I dare say that most, if not all, occupations require some task in the same genre as session notes, meaning a routine, repetitive, obligatory activity that consumes time without directly contributing value to the primary work or mission.

Consider: Many teachers love teaching but would happily skip mandatory lesson plans or grading assignments; most physicians are passionate about practicing medicine but dislike dealing with insurance and HIPAA forms; most police officers are eager to chase criminals but probably dislike completing incident reports; most lawyers enjoy practicing law but dislike tracking billable hours.

Certainly, we all come to terms with these tasks. They serve a valid purpose: efficiency, accountability, uniformity. They're like a pledge you have to accept, in order to remain in your organization or profession. The trick is to minimize the toll they take as much as possible. The more time these tasks occupy, the faster an insidious disenchantment sets it.

I'm not saying session notes is what led me to retirement, but not having to spend any time on them has felt like an extra serving of my time.

Alas, I received my final paycheck on Friday. This was it. No longer on payroll, email, or Zoom, and no longer an authorized library user. I am completely out of the "club" now.

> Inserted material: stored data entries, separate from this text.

//! Tracks that are run on until they stop.

ghost use Rattle.std.specs.Prelude.{◌≡◌, ℕ, ◌+◌, ◌<◌, IfOk, MatchOption, None, Some};
ghost use Rattle.speculation_law.specs.Facts.{NoStop};
ghost use Rattle.guest_model.specs.Rv32.{rv32};
ghost use Rattle.track_state.specs.Views.{view_of};
ghost use Rattle.region_trial.specs.Reached.{IsUnderWay, RunsOn, StandsAt};

use guest_model::{End, NoMemory};
use region_ledger::Finished;
use track_state::{Stop, Track};

/// Where a track stands that was run on.
#[derive(Clone, Copy, Debug, PartialEq, Eq)]
pub enum Reached {
    /// At the call at which a track of its kind stops.
    Boundary,
    /// Its last instruction ended the program.
    Ended(End),
    /// It has taken as many instructions as it was to.
    Limit,
}

impl Reached {
    ghost use Rattle.std.specs.Prelude.{◌≡◌};
    ghost use Rattle.region_trial.specs.Finished.{finished_at};

    /// How the program finishes that stands here after `count` instructions. At a boundary it goes on.
    pub fn finished(self, count: u64) -> Option<Finished>
        ensures { result ≡ finished_at self count }
    {
        match self {
            Reached::Boundary => None,
            Reached::Ended(end) => Some(Finished { end, count }),
            Reached::Limit => Some(Finished {
                end: End::Spent,
                count,
            }),
        }
    }
}

/// Runs the track on until it stops or has taken `limit` instructions in all. Its output is dropped.
///
/// # Errors
/// `NoMemory` where there was no room for a page.
pub fn reach(track: &mut Track, input: &[u8], limit: u64) -> Result<Reached, NoMemory>
    requires { IsUnderWay input.now (view_of track.old) limit }
    ensures track { IfOk result (λ r. RunsOn input.now (view_of track.old) (view_of track.new) limit) }
    ensures stands { IfOk result (λ r. StandsAt input.now (view_of track.new) limit r) }
{
    loop {
        if let Some(reached) = stop_within(track, limit) {
            return Ok(reached);
        }
        run_on(track, input, limit)?;
    }
}

/// Where the track stands; None where it can be run on.
fn stop_within(track: &Track, limit: u64) -> Option<Reached>
    ensures { (input : _) → IsUnderWay input (view_of track.now) limit →
        MatchOption result
        (NoStop (rv32 input) (view_of track.now).kind (view_of track.now).start (view_of track.now).own × ((view_of track.now).own < limit))
        (λ r. StandsAt input (view_of track.now) limit r) }
{
    match track.stop() {
        Some(Stop::Boundary) => Some(Reached::Boundary),
        Some(Stop::Ended(end)) => Some(Reached::Ended(end)),
        Some(Stop::Budget) | None => (track.own() == limit).then_some(Reached::Limit),
    }
}

/// Takes at least one instruction more.
fn run_on(track: &mut Track, input: &[u8], limit: u64) -> Result<(), NoMemory>
    requires way { IsUnderWay input.now (view_of track.old) limit }
    requires going { NoStop (rv32 input.now) (view_of track.old).kind (view_of track.old).start (view_of track.old).own }
    requires more { (view_of track.old).own < limit }
    ensures on { IfOk result (λ _. RunsOn input.now (view_of track.old) (view_of track.new) limit) }
    ensures more { IfOk result (λ _. (view_of track.old).own < (view_of track.new).own) }
{
    track.run(input, limit - track.own())?;
    let own = track.own();
    track.discard(own);
    Ok(())
}
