//! The exact check of a program's regions: plain runs of both versions of each, one after the other, and the ledger that
//! they give.
#![tactic(auto)]

mod region;
mod running;
mod trial;

pub use guest_model::NoMemory;
pub use region::{Region, Step};
pub use region_ledger::{Finished, Row, Rows};
pub use running::{Reached, reach};
pub use trial::{Trial, begin, next_region, run_trial};

#[cfg(test)]
mod tests;
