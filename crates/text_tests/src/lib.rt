// Tests: texts that are read, translated and printed.
#![tactic(auto)]

#[cfg(test)]
mod tests {
    use doors::Occurrence;
    use print::{print_doors, print_fault};
    use reading::text::read;
    use std::alloc::{AllocError, Global};
    use std::process::Abort;
    use std::test::Fail;
    use table::Table;
    use tokens::{Name, Names, Token};
    use translation::translate;

    // Prints the doors of a text, or its fault, and answers how many bytes, none where that is refused.
    fn print_text(text: &[u8], page: &mut [u8]) -> Option<usize> {
        let mut token_places = [Token::default(); 1088];
        let mut tokens = Table::new(&mut token_places);
        let mut name_places = [Name::default(); 64];
        let mut names = Table::new(&mut name_places);
        let mut places = [Occurrence::default(); 256];
        let mut occurrences = Table::new(&mut places);
        let printed = match read(text, &mut tokens, &mut names) {
            Ok(read) => {
                let _ = translate(read, text, &tokens, &names, &mut occurrences).ok()?;
                let names = Names {
                    text,
                    records: names.records(),
                };
                print_doors(page, names, occurrences.records())
            }
            Err(fault) => print_fault(page, fault),
        };
        printed.ok()
    }

    fn check_print(rt: &impl Abort, text: &[u8], expected: &[u8]) {
        let mut page = [b'#'; 16384];
        let n = print_text(text, &mut page).expect(rt, "the page is large enough");
        assert!(rt; n < 16384);
        assert_eq!(rt; &page[..n], expected);
        assert_eq!(rt; page[n], b'#');
    }

    #[test]
    fn one_path(rt: HostRuntime) {
        check_print(
            &rt,
            b"path arm; {touch, hand}; split end",
            b"0 arm in 0 out 1\n0 touch in 1/0 out 2/0\n0 hand in 1/0 out 2/0\n0 split in 2 out 0\n",
        );
    }

    #[test]
    fn nested_brackets(rt: HostRuntime) {
        check_print(
            &rt,
            b"path (a; (b, (c; d))); {e}, ((f)) end",
            b"0 a in 0 out 1\n0 b in 1 out 3\n0 c in 1 out 2\n0 d in 2 out 3\n0 e in 3/0 out 0/0\n0 f in 3 out 0\n",
        );
    }

    #[test]
    fn braces_side_by_side(rt: HostRuntime) {
        check_print(
            &rt,
            b"path {a}; {b; c}, {d} end",
            b"0 a in 0/0 out 1/0\n0 b in 1/1 out 2\n0 c in 2 out 0/1\n0 d in 1/2 out 0/2\n",
        );
    }

    #[test]
    fn paths_share_names(rt: HostRuntime) {
        let text = b"path a; b end path {b; a}, c end path c; (a, {b}) end";
        let expected =
            b"0 a in 0 out 1\n0 b in 1 out 0\n1 b in 2/0 out 3\n1 a in 3 out 2/0\n1 c in 2 out 2\n2 c in 4 out 5\n2 a in 5 out 4\n2 b in 5/1 out 4/1\n";
        check_print(&rt, text, expected);
    }

    #[test]
    fn faults(rt: HostRuntime) {
        check_print(&rt, b"path A end", b"bytes 2 at 5\n");
        check_print(&rt, b"path a b end", b"grammar 4 at 7\n");
        check_print(&rt, b"path a;", b"grammar 5 at 7\n");
        check_print(&rt, b"path {a;{b}} end", b"rules 7 at 8\n");
        check_print(&rt, b"path a;a end", b"rules 8 at 7\n");
    }

    // Four paths of 64 names of 16 bytes, each name in braces of its own.
    fn largest(heap: Global) -> Result<Vec<u8>, AllocError> {
        let mut text = Vec::new(heap);
        for _ in 0..4 {
            text.extend_from_slice(b"path")?;
            for name in 0..64u8 {
                text.extend_from_slice(if name == 0 { b" {" } else { b";{" })?;
                text.extend_from_slice(b"abcdefghijklmn")?;
                text.extend_from_slice(&[b'a' + name / 16, b'a' + name % 16, b'}'])?;
            }
            text.extend_from_slice(b" end ")?;
        }
        Ok(text)
    }

    #[test]
    fn largest_table(rt: HostRuntime) -> Result<(), Fail> {
        let text = largest(rt.alloc())?;
        assert_eq!(rt; text.len(), 4900);
        let mut page = [b'#'; 16384];
        assert_eq!(rt; print_text(&text, &mut page), Some(10312));
        assert_eq!(rt;
            &page[0..34],
            b"0 abcdefghijklmnaa in 0/0 out 1/0\n".as_slice()
        );
        assert_eq!(rt;
            &page[10270..10313],
            b"3 abcdefghijklmndp in 255/255 out 192/255\n#".as_slice()
        );
        Ok(())
    }

    // A page under 16,384 bytes is refused and left as it is.
    #[test]
    fn small_page(rt: HostRuntime) {
        let mut page = [b'#'; 16383];
        assert_eq!(rt; print_text(b"path a end", &mut page), None);
        assert_eq!(rt; page[0], b'#');
        assert_eq!(rt; print_text(b"path", &mut page), None);
        assert_eq!(rt; page[0], b'#');
    }
}
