// A segment tree for the smallest place in a span of slots (document 01, "The shelf and its cells"), in lent cells. Node n stands above nodes 2n and
// 2n + 1, slot s at width + s. A node holds the smallest place under it, FFFF for none. Only the lower levels are kept: the nodes of the uppermost of these
// stand side by side, and a search goes along them. The shelves of all windows stand side by side over one row of slots, in one tree: a shelf's own measures tell only
// how many nodes document 01 counts.
#![tactic(auto)]

ghost use Rattle.std.specs.Prelude.{◌≡◌, ◌-◌, ◌<◌, ◌≤◌, min, length};
ghost use Rattle.std.specs.Int.Count.{count_trailing_zeros};
ghost use Rattle.model.specs.Cells.{place_in};
ghost use Rattle.model.specs.Jobs.{job_limit};
ghost use Rattle.model.specs.Visits.{levels, visits};
ghost use Rattle.sweep_laws.specs.SegmentTree.{SegmentTree, Clearable, Cleared, Insertable, Inserted, Removed, entries_in, smallest, ShelfSpan, Searchable};
ghost use Rattle.laws.specs.Least.{least_of};
ghost use Rattle.sweep_laws.specs.Nodes.{Siblings};
ghost use Rattle.sweep_laws.specs.NodeSpans.{node_at, Narrowable, Narrowed};
ghost use Rattle.sweep_laws.specs.VisitCount.{levels_inside, levels_apart, Countable};
ghost use Rattle.sweep_laws.specs.Levels.{ShapeFor};

use model::Rank;

// The measures of a tree: it has `width` slots, and the nodes from `kept` on, so `kept` of them on the uppermost level.
#[derive(Clone, Copy)]
pub struct Shape {
    pub kept: usize,
    pub width: usize,
}

// How many nodes the uppermost level that is kept has, at most, where a shelf may take the whole row: a compiler compares many side by side at once, so that a search
// goes along all of them in a few dozen steps, and a tree with no more slots needs no other nodes.
const KEPT: usize = 1024;

// How many it has, by the longest shelf: twice as many where that takes no more than half of the tree's slots, and so on, since a search does not leave its
// shelf.
fn kept_for(width: usize, longest: usize) -> usize
    requires { 1 ≤ width }
    ensures { (1 ≤ result) × (result ≤ width) }
{
    let mut kept = width.min(KEPT);
    let mut slots = longest;
    while slots.max(kept) <= width / 2 {
        slots *= 2;
        kept *= 2;
    }
    kept
}

// The other node under the same parent.
fn sibling(node: usize) -> usize
    ensures { Siblings result node }
{
    node ^ 1
}

// Part of a search: what is left of a span, with the smallest place taken in so far.
#[derive(Clone, Copy)]
struct Span {
    left: usize,
    right: usize,
    least: Rank,
}

// The smallest of the nodes from `left` up to `right`, which stand on one level, and of `least`.
fn level_minimum(nodes: &[u16], left: usize, right: usize, least: Rank) -> Rank
    requires left_le_right { left ≤ right }
    requires right_in_bounds { right ≤ length nodes.now }
    ensures { result.0 ≡ min least.0 (least_of (node_at nodes.now) left (right - left)) }
{
    nodes[left..right]
        .iter()
        .fold(least, |least, &node| least.min(Rank(node)))
}

// The places that can wait in a span: none before the first, and none after the last.
#[derive(Clone, Copy)]
pub struct Candidates {
    pub first: Rank,
    pub last: Rank,
}

impl Shape {
    // The shape for so many places, of which the longest shelf has `longest`: as wide as the smallest power of two that holds them.
    pub fn for_places(count: usize, longest: usize) -> Shape
        requires { count ≤ job_limit }
        ensures { ShapeFor count result.kept result.width }
    {
        let mut width = 1;
        while width < count {
            width *= 2;
        }
        let kept = kept_for(width, longest);
        Shape { kept, width }
    }

    // Empties every slot.
    pub fn clear(self, nodes: &mut [u16])
        requires { Clearable self.kept self.width nodes.old }
        ensures { Cleared self.kept self.width nodes.old nodes.new }
    {
        nodes[..2 * self.width].fill(model::ABSENT);
    }

    // Puts a place into an empty slot: each node above it takes the smaller. It has no early end, so that no step waits for the one before.
    pub fn insert(self, nodes: &mut [u16], slot: usize, place: Rank)
        requires { Insertable self.kept self.width nodes.old slot place.0 }
        ensures { Inserted self.kept self.width nodes.old slot place.0 nodes.new }
    {
        let leaf = self.width + slot;
        nodes[leaf] = place.0;
        let mut node = leaf / 2;
        while self.kept <= node {
            nodes[node] = Rank(nodes[node]).min(place).0;
            node /= 2;
        }
    }

    // Empties a slot: each node above it takes the smaller of its two children again.
    pub fn remove(self, nodes: &mut [u16], slot: usize)
        requires segment_tree { SegmentTree self.kept self.width nodes.old }
        requires slot_lt_width { slot < self.width }
        ensures { Removed self.kept self.width nodes.old slot nodes.new }
    {
        let mut node = self.width + slot;
        let mut least = Rank(model::ABSENT);
        nodes[node] = least.0;
        while 2 * self.kept <= node {
            least = least.min(Rank(nodes[sibling(node)]));
            node /= 2;
            nodes[node] = least.0;
        }
    }

    // Narrows a span of nodes, level by level up to the uppermost that is kept: the first and the last node are taken in, and what is left is the span of
    // the parents that lie wholly inside.
    fn narrow(self, nodes: &[u16], from: usize, to: usize) -> Span
        requires { Narrowable self.kept self.width nodes.now from to }
        ensures { Narrowed self.kept self.width nodes.now from to result.left result.right result.least.0 }
    {
        let mut left = from;
        let mut right = to;
        let mut least = Rank(model::ABSENT);
        while left < right && 2 * self.kept <= left {
            least = least.min(Rank(nodes[left]).min(Rank(nodes[right - 1])));
            left = (left + 1) / 2;
            right /= 2;
        }
        Span { left, right, least }
    }

    // The smallest place in the slots from `from` up to `to`, FFFF for none, from the slots up.
    fn range_minimum(self, nodes: &[u16], from: usize, to: usize) -> Rank
        requires segment_tree { SegmentTree self.kept self.width nodes.now }
        requires from_le_to { from ≤ to }
        requires to_le_width { to ≤ self.width }
        ensures { result.0 ≡ smallest (entries_in self.width nodes.now) from to }
    {
        let span = self.narrow(nodes, self.width + from, self.width + to);
        level_minimum(nodes, span.left, span.right, span.least)
    }

    // The smallest place in the slots from `from` up to `to`. Where the first that can wait there does, in `slot`, or comes after the last, there is nothing to
    // search for; another slot than its own costs a search and no more.
    pub fn lookup(
        self,
        nodes: &[u16],
        from: usize,
        to: usize,
        slot: usize,
        candidates: Candidates,
    ) -> Option<Rank>
        requires { Searchable self.kept self.width nodes.now from to candidates.first.0 candidates.last.0 }
        ensures { result ≡ place_in (smallest (entries_in self.width nodes.now) from to) }
    {
        if to <= from {
            return None;
        }
        let first = candidates.first;
        let last = candidates.last;
        if last < first {
            return None;
        }
        if from <= slot && slot < to {
            if first == Rank(nodes[self.width + slot]) {
                return Some(first);
            }
        }
        Rank::in_cell(self.range_minimum(nodes, from, to).0)
    }
}

// How many levels have a node with x strictly inside: x is a border of a node as long as its trailing zeros last.
fn levels_inside(levels: u32, x: usize) -> u32
    requires { count_trailing_zeros 64 x ≤ levels }
    ensures { result ≡ levels_inside 0 levels x }
{
    levels - x.trailing_zeros()
}

// How many levels have a node with `from` strictly inside and `to` in another one: those past the trailing zeros of `from`, up to the highest digit in which the
// two differ, as above it both lie in one node.
fn levels_apart(levels: u32, from: usize, to: usize) -> u32
    requires { from < to }
    ensures { result ≡ levels_apart levels from to }
{
    let digit = 63 - (from ^ to).leading_zeros();
    let zeros = levels.min(from.trailing_zeros());
    digit.max(zeros) - zeros
}

// How many nodes document 01 counts for a lookup of the slots from `from` up to `to`, of which there are some: the topmost, and two for each node with an end strictly
// inside.
fn count_visits(levels: u32, from: usize, to: usize) -> u32
    requires { Countable levels from to }
    ensures { result ≡ visits levels from to }
{
    let inside = levels_inside(levels, to) + levels_apart(levels, from, to);
    1 + 2 * inside
}

// Where a shelf begins in the row of slots, and how many slots it has.
#[derive(Clone, Copy)]
pub struct Shelf {
    pub base: usize,
    pub size: usize,
}

impl Shelf {
    // The shelf of the slots from `begin` up to `end`.
    pub fn between(begin: u16, end: u16) -> Shelf
        requires { begin ≤ end }
        ensures { (result.base ≡ begin) × (result.size ≡ end - begin) }
    {
        Shelf {
            base: usize::from(begin),
            size: usize::from(end - begin),
        }
    }

    // How many levels its tree has, below the topmost node: as many as its last slot has binary digits.
    fn levels(self) -> u32
        requires { 1 ≤ self.size }
        ensures { result ≡ levels self.size }
    {
        64 - (self.size - 1).leading_zeros()
    }

    // How many nodes document 01 counts for a lookup of the slots from `from` up to `to`, which are its own.
    pub fn lookup_visits(self, from: usize, to: usize) -> u32
        requires { ShelfSpan self.base self.size from to }
        ensures { result ≡ visits (levels self.size) (from - self.base) (to - self.base) }
    {
        if from < to {
            return count_visits(self.levels(), from - self.base, to - self.base);
        }
        1
    }
}
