//! The entries of a play: one for each tone, rest and bar line that is passed.

ghost use Rattle.std.specs.Prelude.{◌≡◌, ◌++◌, [], IfOk, OnOk};
ghost use Rattle.abc_voices_sections.specs.Step.{tones_of};
ghost use Rattle.abc_play_sections.specs.Step.{as_item};
ghost use Rattle.abc_play_tune.specs.Entries.{end_by, tone_entry, tone_entries, item_entries, step_entries, previous_after, entries_from};

use crate::joined::is_joined;
use crate::timed::TimedStep;
use abc_bars_items::{Item, Tone, Tones, TonesView};
use abc_play_sections::PlayStep;
use abc_time::Grains;
use std::alloc::{AllocError, Global};

/// What an entry of a play is.
#[derive(Clone, Copy, Debug, PartialEq, Eq)]
pub enum EntryKind {
    /// One tone.
    Note {
        /// Its index in its note or chord.
        tone: usize,
        /// The key of MIDI; None if MIDI has no key for it, and it is silent.
        key: Option<u8>,
        /// The velocity of MIDI.
        velocity: u8,
        /// Whether a tie joins it with a tone before it.
        joined: bool,
        /// Whether a tie follows it and it has a key.
        tied: bool,
    },
    /// A rest, or a rest of bars.
    Rest,
    /// A bar line that is passed.
    Bar,
}

/// A tone, rest or bar line that is played.
#[derive(Clone, Copy, Debug)]
pub struct PlayEntry {
    /// When it begins.
    pub on: Grains,
    /// Its own end: a tie does not lengthen it.
    pub off: Grains,
    /// The index of its item in the tune.
    pub place: usize,
    pub kind: EntryKind,
}

/// Returns the end of what begins at a moment.
fn end_by(at: Grains, length: Grains) -> Grains
    ensures { result ≡ end_by at.0 length }
{
    Grains(at.0.saturating_add(length.0))
}

/// Returns the entry of a tone, after the tones `past` of its time token.
fn tone_entry(at: Grains, place: usize, previous: &[Tone], past: &[Tone], tone: Tone) -> PlayEntry
    ensures { result ≡ tone_entry previous.now at.0 place past.now tone }
{
    PlayEntry {
        on: at,
        off: end_by(at, tone.length),
        place,
        kind: EntryKind::Note {
            tone: past.len(),
            key: tone.key,
            velocity: tone.velocity,
            joined: is_joined(previous, past, tone.key),
            tied: tone.tied && tone.key.is_some(),
        },
    }
}

/// Appends the entries of the tones of a time token.
fn put_tones(
    entries: &mut Vec<PlayEntry>,
    at: Grains,
    place: usize,
    previous: &[Tone],
    tones: &[Tone],
) -> Result<(), AllocError>
    ensures { OnOk result (entries.new.items ≡ entries.old.items ++ tone_entries previous.now at.0 place [] tones.now) }
{
    for (index, tone) in tones.iter().enumerate() {
        let entry = tone_entry(at, place, previous, &tones[..index], *tone);
        entries.push(entry)?;
    }
    Ok(())
}

/// Appends the entries of a note or chord.
fn put_token(
    entries: &mut Vec<PlayEntry>,
    at: Grains,
    place: usize,
    previous: &[Tone],
    tones: &Tones,
) -> Result<(), AllocError>
    ensures { OnOk result (entries.new.items ≡ entries.old.items ++ tone_entries previous.now at.0 place [] tones.now) }
{
    match tones.view() {
        TonesView::One(tone) => put_tones(entries, at, place, previous, &[tone]),
        TonesView::List(tones) => put_tones(entries, at, place, previous, tones),
    }
}

/// Appends the entries of an item that is played at a moment.
fn put_item(
    entries: &mut Vec<PlayEntry>,
    at: Grains,
    place: usize,
    previous: &[Tone],
    item: &Item,
) -> Result<(), AllocError>
    ensures { OnOk result (entries.new.items ≡ entries.old.items ++ item_entries previous.now at.0 place item.now) }
{
    match item {
        Item::Tone { tones, .. } => put_token(entries, at, place, previous, tones),
        Item::Rest { length, .. } => {
            entries.push(PlayEntry {
                on: at,
                off: end_by(at, *length),
                place,
                kind: EntryKind::Rest,
            })?;
            Ok(())
        }
        _ => Ok(()),
    }
}

/// Appends the entries of a step that is played at a moment.
fn put_step(
    entries: &mut Vec<PlayEntry>,
    at: Grains,
    previous: &[Tone],
    step: PlayStep,
) -> Result<(), AllocError>
    ensures { OnOk result (entries.new.items ≡ entries.old.items ++ step_entries previous.now at.0 step.entry) }
{
    match step {
        PlayStep::Item { item, place } => put_item(entries, at, place, previous, item),
        PlayStep::BarLine { place } => {
            entries.push(PlayEntry {
                on: at,
                off: at,
                place,
                kind: EntryKind::Bar,
            })?;
            Ok(())
        }
    }
}

/// Makes the tones of a note or chord those of the last time token.
fn set_token(previous: &mut Vec<Tone>, tones: &Tones) -> Result<(), AllocError>
    ensures { OnOk result (previous.new.items ≡ tones.now) }
{
    previous.clear();
    match tones.view() {
        TonesView::One(tone) => previous.push(tone)?,
        TonesView::List(tones) => previous.extend_from_slice(tones)?,
    }
    Ok(())
}

/// Makes the tones of an item those of the last time token, if it is one.
fn set_previous(previous: &mut Vec<Tone>, item: &Item) -> Result<(), AllocError>
    ensures { OnOk result (previous.new.items ≡ previous_after previous.old.items (tones_of item.now)) }
{
    match item {
        Item::Tone { tones, .. } => set_token(previous, tones),
        Item::Rest { bar: false, .. } => {
            previous.clear();
            Ok(())
        }
        _ => Ok(()),
    }
}

/// Makes the tones of a step those of the last time token, if it is one.
fn set_after(previous: &mut Vec<Tone>, step: PlayStep) -> Result<(), AllocError>
    ensures { OnOk result (previous.new.items ≡ previous_after previous.old.items (tones_of (as_item step.entry))) }
{
    match step {
        PlayStep::Item { item, .. } => set_previous(previous, item),
        PlayStep::BarLine { .. } => Ok(()),
    }
}

/// Returns the entries of what a voice plays, in order of play. It returns an error if an allocation fails.
pub fn entries_of(alloc: Global, timed: &[TimedStep]) -> Result<Vec<PlayEntry>, AllocError>
    ensures { IfOk result (λ entries. entries.items ≡ entries_from [] timed.now) }
{
    let mut entries = Vec::with_capacity(alloc, timed.len())?;
    let mut previous = Vec::new(alloc);
    for one in timed {
        put_step(&mut entries, one.at, &previous, one.step)?;
        set_after(&mut previous, one.step)?;
    }
    Ok(entries)
}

I will miss the FIU library and everything it offered; all that information is really empowering! I enjoyed using Zoom with clients and one or two times used it for meetings with friends or family. I valued having the SBDC-branded email—it carried more weight than my personal email.

But it's alright. I plan to visit the public library to explore its databases and will check the cost of an individual Zoom subscription. My PowerPoint client

is interested in continuing our work, at his own expense rather than free through SBDC, so I will stay in touch with him through my personal email.

Heck, helping him and watching him succeed on his first business was highly rewarding, so I'm up for it. Plus I'm out of the club now, so I don't have to enter session notes.